Setting up A/B testing of ML models in production
A/B testing of ML models is the only way to reliably measure the business impact of a new version of the model. Metrics on a test dataset show that the model has become more accurate, but they don't answer the question: will this result in more revenue or a better user experience? A properly configured A/B test provides a statistically valid answer.
Differences between ML A/B and classic A/B
In classic A/B, users are randomly assigned to groups once. In ML A/B, there are additional complications:
- Novelty effect: users respond to novelty that is not related to the quality of the model
- Long-term effects: recommender systems influence long-term behavior not visible in a short-term test
- Carryover effects: the effect of a previous prediction influences current behavior
- Network effects: in collaborative systems, the behavior of one user influences others
A/B architecture for ML
Traffic distribution levels:
-
User-level split—each user always receives the same version of the model. Suitable for personalization and recommendations.
-
Request-level split – each request is randomly routed to one of the versions. Suitable for stateless services (search, pricing).
-
Cohort-based split – breaking down users into segments. Important for ensuring a balance of demographic characteristics.
Traffic routing:
import hashlib
def get_model_version(user_id: str, experiment_id: str) -> str:
# Детерминированное хэширование для стабильного назначения
hash_key = f"{experiment_id}:{user_id}"
hash_value = int(hashlib.md5(hash_key.encode()).hexdigest(), 16)

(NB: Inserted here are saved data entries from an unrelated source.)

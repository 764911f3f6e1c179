//! A law on the keys of an index, as a function that does nothing: whoever calls it has the fact.

ghost use Rattle.nqs_order.specs.KeyOrder.{OrdersRows};

/// The order of the keys is that of the rows.
pub fn keys_order_rows()
    ensures { OrdersRows }
{}
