use crate::choice::{is_greater, move_to, print_on};
use crate::eligible::is_waiting;
use nqs_base::{Name, has_name};
use nqs_devices::can_serve;
use nqs_index::{Class, ClassLine, Classes, Index, Key, Line, Steps, Tally};
use nqs_routing::{destination_in, is_reachable};
use nqs_state::HostState;
use nqs_types::{Choice, ComplexDef, Dest, Kind, QueueDef, RequestId, Row};
use std::sync::ledger::Ledger;

fn user_allows(index: &Index, queue: &QueueDef, owner: &Name) -> bool
    ensures { result ≡ user_allows index.now queue.now owner.now }
{
    match queue.user_limit {
        Some(limit) => index.count(&Tally::Owned(queue.name, *owner)) < limit as usize,
        None => true,
    }
}

// How many requests run in a queue, where it isn't one of the later ones.
fn running_once(index: &Index, queue: &Name, later: &[Name]) -> usize
    ensures { result ≡ running_once index.now queue.now later.now }
{
    if has_name(later, queue) {
        return 0;
    }
    index.count(&Tally::Running(*queue))
}

// Whether fewer requests run in the queues of these names than a limit.
fn fewer_run(index: &Index, queues: &[Name], limit: usize) -> bool
    ensures { result ≡ fewer_run index.now limit queues.now }
{
    let mut left = limit;
    let mut rest = queues;
    while let Some((queue, later)) = rest.split_first() {
        let running = running_once(index, queue, later);
        if running >= left {
            return false;
        }
        left -= running;
        rest = later;
    }
    left > 0
}

fn complex_allows(index: &Index, queue: &Name, complex: &ComplexDef) -> bool
    ensures { result ≡ complex_allows index.now queue.now complex.now }
{
    let queues = complex.queues.as_slice();
    !has_name(queues, queue) || fewer_run(index, queues, complex.limit as usize)
}
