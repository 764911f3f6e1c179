//! What is started next.

ghost use Rattle.std.specs.Prelude.{◌≡◌, ◌≤◌, ◌+◌, length};
ghost use Rattle.std.specs.Option.{option_map};
ghost use Rattle.nqs_state.specs.State.{content};
ghost use Rattle.nqs_rules.specs.Order.{is_greater, is_candidate, next_queue, print_on, is_local, move_to, choice_for, pick};

use crate::eligible::{any_waiting, first_row, has_eligible};
use crate::limits::is_within_limits;
use nqs_devices::free_device;
use nqs_index::Steps;
use nqs_routing::destination_in;
use nqs_state::HostState;
use nqs_types::{Choice, Kind, QueueDef, Row};
use std::sync::ledger::Ledger;

// A queue where no row waits, or at its limits, is told by one look at the rows: the costly tests
// of rows come last.
fn is_candidate(state: &HostState, queue: &QueueDef, now: u64) -> bool
    ensures { result ≡ is_candidate now (content state.now) queue.now }
{
    if !queue.started {
        return false;
    }
    if !any_waiting(state, queue, now) {
        return false;
    }
    is_within_limits(state, queue) && has_eligible(state, queue, now)
}

pub(crate) fn is_greater(one: &QueueDef, other: &QueueDef) -> bool
    ensures { result ≡ is_greater one.now other.now }
{
    other.priority < one.priority
}

fn next_queue(state: &HostState, now: u64) -> Option<(usize, &QueueDef)>
    ensures { option_map (λ p. (p.0, p.1.now)) result ≡ next_queue now (content state.now) }
{
    state.queues.best(
        |queue: &QueueDef| is_candidate(state, queue, now),
        |one: &QueueDef, other: &QueueDef| is_greater(one, other),
    )
}

pub(crate) fn print_on(place: usize, device: Option<usize>) -> Option<Choice>
    ensures { result ≡ print_on place device }
{
    match device {
        Some(device) => Some(Choice::Print(place, device)),
        None => None,
    }
}

fn is_local(state: &HostState, queue: &QueueDef, dest: usize) -> bool
    ensures { result ≡ is_local dest queue.now (content state.now) }
{
    match queue.dests.as_slice().get(dest) {
        Some(dest) => state.me == dest.host,
        None => false,
    }
}

pub(crate) fn move_to(
    state: &HostState,
    queue: &QueueDef,
    place: usize,
    dest: Option<usize>,
) -> Option<Choice>
    ensures { result ≡ move_to place queue.now (content state.now) dest }
{
    match dest {
        Some(dest) => {
            if is_local(state, queue, dest) {
                Some(Choice::Local(place, dest))
            } else {
                Some(Choice::Hand(place, dest))
            }
        }
        None => None,
    }
}

// What is done with an eligible row.
fn choice_for(
    state: &HostState,
    queue: &QueueDef,
    now: u64,
    place: usize,
    row: &Row,
) -> Option<Choice>
    ensures { result ≡ choice_for queue.now.kind queue.now now (content state.now) place row.now }
{
    match queue.kind {
        Kind::Batch => Some(Choice::Launch(place)),
        Kind::Device => print_on(place, free_device(state, queue, row.job.forms.as_ref())),
        Kind::Pipe => {
            if row.hops == 32 {
                return Some(Choice::TooFar(place));
            }
            move_to(state, queue, place, destination_in(state, queue, row, now))
        }
    }
}

/// What is started next at a moment, in seconds since 1970, if anything: the first eligible row of
/// the queue of greatest priority, the first created among those, that is started, within its
/// limits and has an eligible row. It looks over all rows, and each of these looks for the first of
/// them counts as a comparison for each row.
pub fn pick<L: Ledger>(state: &HostState, now: u64, steps: &mut Steps<L>) -> Option<Choice>
    ensures choice { result ≡ pick now (content state.now) }
    ensures rises { steps.old ≤ steps.new }
    ensures cost { steps.new ≤ steps.old + length state.now.rows.items }
{
    let (_, queue) = next_queue(state, now)?;
    steps.add(state.rows.len());
    let (place, row) = first_row(state, queue, now)?;
    choice_for(state, queue, now, place, row)
}
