//! The first row of a queue that may start.

ghost use Rattle.std.specs.Prelude.{◌≡◌, ◌&&◌, length, filter, nat_le, is_some};
ghost use Rattle.std.specs.List.{list_any};
ghost use Rattle.std.specs.Option.{option_map};
ghost use Rattle.nqs_state.specs.State.{content};
ghost use Rattle.nqs_rules.specs.Order.{is_active_of, below, kind_allows, is_eligible, comes_before, first_eligible};
ghost use Rattle.nqs_order.specs.Waiting.{is_waiting};
ghost use Rattle.nqs_order.specs.Places.{first_place};

use crate::limits::is_active_in;
use nqs_base::Name;
use nqs_devices::free_device;
use nqs_routing::destination_in;
use nqs_state::HostState;
use nqs_types::{Hold, Kind, QueueDef, Row, RowState};

fn is_active_of(row: &Row, queue: &Name, owner: &Name) -> bool
    ensures { result ≡ is_active_of queue.now owner.now row.now }
{
    is_active_in(row, queue) && *owner == row.job.owner
}

/// Whether fewer requests of the owner run in the queue, or are on their way, than its user limit;
/// true where it has none.
pub fn user_allows(state: &HostState, queue: &QueueDef, owner: &Name) -> bool
    ensures { result ≡ below (length (filter (is_active_of queue.now.name owner.now) state.now.rows.items)) queue.now.user_limit }
{
    match queue.user_limit {
        Some(limit) => {
            state
                .rows
                .count(|row: &Row| is_active_of(row, &queue.name, owner))
                < limit as usize
        }
        None => true,
    }
}

/// Whether the queue can do something with the row at a moment, in seconds since 1970: a device is
/// free that has its forms, or a destination may be tried, or it was moved 32 times. A batch queue
/// always can.
pub fn kind_allows(state: &HostState, queue: &QueueDef, now: u64, row: &Row) -> bool
    ensures { result ≡ kind_allows queue.now.kind queue.now now (content state.now) row.now }
{
    match queue.kind {
        Kind::Batch => true,
        Kind::Device => free_device(state, queue, row.job.forms.as_ref()).is_some(),
        Kind::Pipe => row.hops == 32 || destination_in(state, queue, row, now).is_some(),
    }
}

// Whether the row is queued in the queue, isn't held and may start by its time. What tells most is
// looked at first.
pub(crate) fn is_waiting(queue: &QueueDef, now: u64, row: &Row) -> bool
    ensures { result ≡ is_waiting queue.now now row.now }
{
    row.state == RowState::Queued
        && row.hold == Hold::No
        && row.job.earliest <= now
        && queue.name == row.queue
}

/// Whether the row may start from the queue at a moment, in seconds since 1970, as far as the row
/// itself goes: whether the queue may start one more isn't asked, but for its user limit.
pub fn is_eligible(state: &HostState, queue: &QueueDef, now: u64, row: &Row) -> bool
    ensures { result ≡ is_eligible queue.now now (content state.now) row.now }
{
    is_waiting(queue, now, row)
        && user_allows(state, queue, &row.job.owner)
        && kind_allows(state, queue, now, row)
}

/// Whether one row starts before the other: it has the greater priority, or the same one and the
/// earlier arrival.
pub fn comes_before(one: &Row, other: &Row) -> bool
    ensures { result ≡ comes_before one.now other.now }
{
    other.job.priority < one.job.priority
        || (one.job.priority == other.job.priority && one.arrival < other.arrival)
}

// Whether a row of a queue is waiting. It looks no further than the first one.
pub(crate) fn any_waiting(state: &HostState, queue: &QueueDef, now: u64) -> bool
    ensures { result ≡ list_any (is_waiting queue.now now) state.now.rows.items }
{
    state.rows.any(|row: &Row| is_waiting(queue, now, row))
}

// Whether a row of a queue is eligible. It looks no further than the first one.
fn any_eligible(state: &HostState, queue: &QueueDef, now: u64) -> bool
    ensures { result ≡ list_any (is_eligible queue.now now (content state.now)) state.now.rows.items }
{
    state
        .rows
        .any(|row: &Row| is_eligible(state, queue, now, row))
}

// Whether a queue has a first eligible row.
pub(crate) fn has_eligible(state: &HostState, queue: &QueueDef, now: u64) -> bool
    ensures { result ≡ is_some (first_eligible queue.now now (content state.now)) }
{
    any_eligible(state, queue, now)
}

// A queue's first eligible row, with its place among the rows.
pub(crate) fn first_row<'a>(
    state: &'a HostState,
    queue: &QueueDef,
    now: u64,
) -> Option<(usize, &'a Row)>
    ensures { option_map (λ p. (p.0, p.1.now)) result ≡ first_eligible queue.now now (content state.now) }
{
    state.rows.best(
        |row: &Row| is_eligible(state, queue, now, row),
        |one: &Row, other: &Row| comes_before(one, other),
    )
}

/// The row that starts first of those that may start at a moment, in seconds since 1970: of
/// greatest priority, and among those the earliest arrival. The queue is given and the row answered
/// by its place in the host's list, from 0.
pub fn first_eligible(state: &HostState, queue: usize, now: u64) -> Option<usize>
    ensures { result ≡ first_place queue now (content state.now) }
{
    let def = state.queues.get_at(queue)?;
    let (place, _) = first_row(state, def, now)?;
    Some(place)
}
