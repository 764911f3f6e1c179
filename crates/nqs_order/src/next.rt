//! What is started next, by the index of the host's rows where they keep one.

ghost use Rattle.std.specs.Prelude.{◌≡◌, ◌≤◌, ◌+◌, ◌-◌, length, false};
ghost use Rattle.nqs_state.specs.Kept.{IfThere, is_kept, is_there};
ghost use Rattle.nqs_state.specs.State.{content};
ghost use Rattle.nqs_rules.specs.InOrder.{IsInOrder};
ghost use Rattle.nqs_rules.specs.Order.{pick};
ghost use Rattle.nqs_index.specs.Indexed.{StandsForIndex};
ghost use Rattle.nqs_order.specs.ByIndex.{PicksBy};

use crate::by_index::pick_by;
use crate::choice::pick;
use nqs_index::Steps;
use nqs_state::{HostState, Indexed};
use nqs_types::Choice;
use std::sync::ledger::Ledger;

// What is started next, by this index where it is there.
fn told<L: Ledger>(
    asked: &Indexed,
    state: &HostState,
    now: u64,
    steps: &mut Steps<L>,
) -> Option<Choice>
    requires stands { IfThere (λ i. StandsForIndex i state.now.rows.items) asked.now }
    requires order { IsInOrder (content state.now) }
    ensures choice { result ≡ pick now (content state.now) }
    ensures rises { steps.old ≤ steps.new }
    ensures few { IfThere (λ i. PicksBy i now (content state.now) (steps.new - steps.old)) asked.now }
    ensures all { is_there asked.now ≡ false → steps.new ≤ steps.old + length state.now.rows.items }
{
    match asked {
        Indexed::There(index) => pick_by(index, state, now, steps),
        _ => pick(state, now, steps),
    }
}

/// What is started next at a moment, in seconds since 1970, as `pick` has it, and the index that
/// was asked. By one that is there it is told by two comparisons at most for each class of the
/// queue that starts. It looks over all rows only where there is none: where memory was refused for
/// it, which the answer then holds, or none is kept.
pub fn pick_next<'a, L: Ledger>(
    state: &'a HostState,
    now: u64,
    steps: &mut Steps<L>,
) -> (Option<Choice>, &'a Indexed)
    requires { IsInOrder (content state.now) }
    ensures choice { result.0 ≡ pick now (content state.now) }
    ensures stands { IfThere (λ i. StandsForIndex i state.now.rows.items) result.1.now }
    ensures kept { is_kept result.1.now ≡ state.now.rows.is_indexed }
    ensures rises { steps.old ≤ steps.new }
    ensures few { IfThere (λ i. PicksBy i now (content state.now) (steps.new - steps.old)) result.1.now }
    ensures all { is_there result.1.now ≡ false → steps.new ≤ steps.old + length state.now.rows.items }
{
    let asked = state.rows.index();
    (told(asked, state, now, steps), asked)
}
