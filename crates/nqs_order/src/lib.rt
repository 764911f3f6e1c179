//! The scheduler: which request of which queue starts next.
//!
//! `limits` has the limits of queues and complexes, `eligible` the first row of a queue that may
//! start, `choice` the next start of the host. `by_index` has the next start of the host, told by
//! an index (`nqs_index`) with no look at all rows, `next` the one of both that the host's rows
//! allow, and `laws` that the index's keys stand in the order of the rows.
//! `nqs_rules/specs/Order.antt` has the rules.
#![tactic(auto)]

mod by_index;
mod choice;
mod eligible;
mod laws;
mod limits;
mod next;

pub use by_index::pick_by;
pub use choice::pick;
pub use eligible::{comes_before, first_eligible, is_eligible, kind_allows, user_allows};
pub use laws::keys_order_rows;
pub use limits::{complex_allows, global_allows, run_allows, within_limits};
pub use next::pick_next;
pub use nqs_index::{
    Class, ClassLine, Counter, Counters, Entry, Index, Key, Line, QueueLines, Seat, Steps, Tally,
};
pub use nqs_types::Choice;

bucket = hash_value % 100 # 0-99
if bucket < 50: # 50% трафика
return "model_v2"
else:
return "model_v1_control"
Tools
Nginx / Envoy - infrastructure-level routing based on headers or weights.
Seldon Core / KServe — Kubernetes-native inference with built-in A/B:
apiVersion: machinelearning.seldon.io/v1
kind: SeldonDeployment
spec:
predictors:
- name: control
traffic: 70
graph:
name: model-v1
- name: treatment
traffic: 30
graph:
name: model-v2
Feature flags (LaunchDarkly, Unleash) — for flexible management of experiments without deployment.
Statistical methodology
Metrics for ML A/B:
- Primary metric: business metric (conversion, ARPU, retention)
- Guardrail metrics: latency, error rate - should not degrade
- Secondary metrics: proxy indicators (CTR, engagement)
Sample size and test power:
To detect a 2% effect size with a 5% baseline conversion rate, a significance level of α=0.05, and 80% power, you need ~15,000 users per group. Use a power calculator (scipy.stats.norm or online tools) before launching.
Test stop:
- Do not stop the test before the scheduled time due to early results (peek problem)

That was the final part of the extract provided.